Our daily’s managing editor called me to ask about the disappearance of local marina manager Dave Howard back in 1999. As I gathered information, I found the authorities frantically doing the same. From the local county detective to the Oklahoma State Bureau of Investigation, I talked to everyone who might be in a position to look at this case. He was last seen alive in Bella Vista, Arkansas, and was found dead beside the freeway in Oklahoma. Had I read about it in a newspaper, I might have thought it was exaggerrated. Because I was the one covering it, however, I knew it was real. Evidence showed he had been in an Internet love affair that resulted in the jealous husband allegedly setting him up and shooting him. I say allegedly because the guy has not been brought to justice yet. I cannot find my story online, but it’s a fascinating story, recapped here in March of this year. He was denied a new trial, but plans to appeal, which will be in about a year. Great system, huh?

I got into journalism after a stint as a Web programmer left me wanting to write, but not write code. Took a 50% cut in pay and moved us 230 miles to do it. I found out that being a reporter was not in my blood. On the occasion I got to write a column, I was ecstatic. That was my favorite part. Maybe that’s why I blog.

Laptop Selloff Causes Melee

Just got this from a co-worker and had to share it. Richmond, Virginia’s Henrico County school district decided to sell a bunch of laptops for $50, and it turned into a mob scene, with one guy using a folding chair to swat line breakers like flies. Folks, they are four-year-old Apple iBooks used and carried around by high school students. But it had folks going crazy, to the point of hurting people. Read it here.

Origin of Phrases

That’s a true statement (and other sayings)

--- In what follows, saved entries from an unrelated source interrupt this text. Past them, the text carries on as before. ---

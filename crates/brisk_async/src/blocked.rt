//! Whether a process has an event, without looking for one.
ghost use Rattle.std.specs.Prelude.{◌≡◌, ◌↔◌, ◌<◌, ℕ, [], IsTrue};
ghost use Rattle.brisk_values.specs.Names.{member as member_of};
ghost use Rattle.brisk_syntax.specs.Segments.{head_of};
ghost use Rattle.brisk_syntax.specs.Value.{size_in};
ghost use Rattle.brisk_async.specs.Blocked.{IsBlocked};
ghost use Rattle.brisk_async.specs.Keys.{mail_in};
ghost use Rattle.brisk_async.specs.Machine.{queue};

use crate::effect::partner;
use crate::mail::{Key, Mail};
use brisk_syntax::{Code, Stmt, size_of_set};
use brisk_values::{Name, Pid, Sizes};

// Whether no member of the set has sent the process a payload that waits.
fn none_waits(mail: &Mail, set: &Name, size: u32, process: &Pid, channel: &Name) -> bool
    ensures { IsTrue result ↔ ((k : ℕ) → k < size → mail_in mail.now (queue (member_of set.now k) process.now channel.now) ≡ []) }
{
    for member in 0..size {
        let from = Pid { role: *set, member };
        let key = Key {
            from,
            to: *process,
            channel: *channel,
        };
        if !mail.is_empty(&key) {
            return false;
        }
    }
    true
}

/// Whether a process with this code has no event.
pub fn is_blocked(sizes: &Sizes, mail: &Mail, process: &Pid, code: &Code) -> bool
    ensures { IsTrue result ↔ IsBlocked (size_in sizes.now) (mail_in mail.now) process.now (head_of code.now) }
{
    match code.first() {
        None => true,
        Some(Stmt::Recv(channel, _, from)) => mail.is_empty(&Key {
            from: partner(from),
            to: *process,
            channel: *channel,
        }),
        Some(Stmt::RecvAny(any)) => {
            let size = size_of_set(sizes, &any.set);
            none_waits(mail, &any.set, size, process, &any.channel)
        }
        Some(_) => false,
    }
}
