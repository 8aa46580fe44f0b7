//! Events: what a process does next.
use brisk_values::Pid;

/// One statement step of a process. A sender is given exactly where its head is a receive from any, and a place exactly
/// where its head is a receive on a loose channel.
#[derive(Clone, Copy, Debug, PartialEq, Eq)]
pub struct Event {
    pub process: Pid,
    pub sender: Option<Pid>,
    /// The place of the payload that is taken, counted from 0 at the oldest.
    pub place: Option<u32>,
}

I try not to judge people by the words they use, because I sometimes catch myself using annoying phrases. There’s a guy within earshot up here at work who keeps saying, “That’s a true statement,” and I’m about to throw my Tangle over the cubicle wall at him. Great. Now the guy next to him said, “That’s a true fact.” Might have to hide in the server room.

That got me ta thinkin’. What makes people start using stock phrases in their everyday speech, or what blocks their brains from realizing what they are saying? Some are passed down by family, I’m sure, but I’ve heard others that I know were picked up later in life.

An IT instructor from the past was moving some computers and said he needed someone with “a strong back and weak mind.” I’ve heard him say that at least 20 times. He also used the popular, “It’s six of one, half a dozen of the other.” I think that means that it makes no difference which of the two you choose. Why can’t he just say that?

Then there are phrases that the individual might have coined, but that become predictable.

My mother-in-law’s favorite, uttered at every family gathering, is, “You can tell when our family is eating, because it gets real quiet.” I think she’s suggesting that the family is a bunch of loudmouths who can only stop talking long enough to chew. On that subject, I have no room to talk. Ha. Nevermind.

I can’t leave out the occasions when one means one thing but ends up conveying the opposite. I often hear, “I miss not seeing you.” Huh? I’ve let that one slip more than once.

“Can you unloosen this for me?” Sure. I think. Just hand me the jar and we’ll see.

I could list and try to make funny comments about others, but I’m sure all this has been covered somewhere else, and my lunch break is over.

Quick note, though. I had my first good experience at Blockbuster a few weeks ago. They had the new release I wanted in widescreen format. Almost none of the video stores back in Missouri or Arkansas carry widescreen DVD’s anymore, and historically I just don’t like Blockbuster because they overcharge me for something I don’t need for a week. Everything went off without a hitch, smooth as silk, and I was happy as a clam.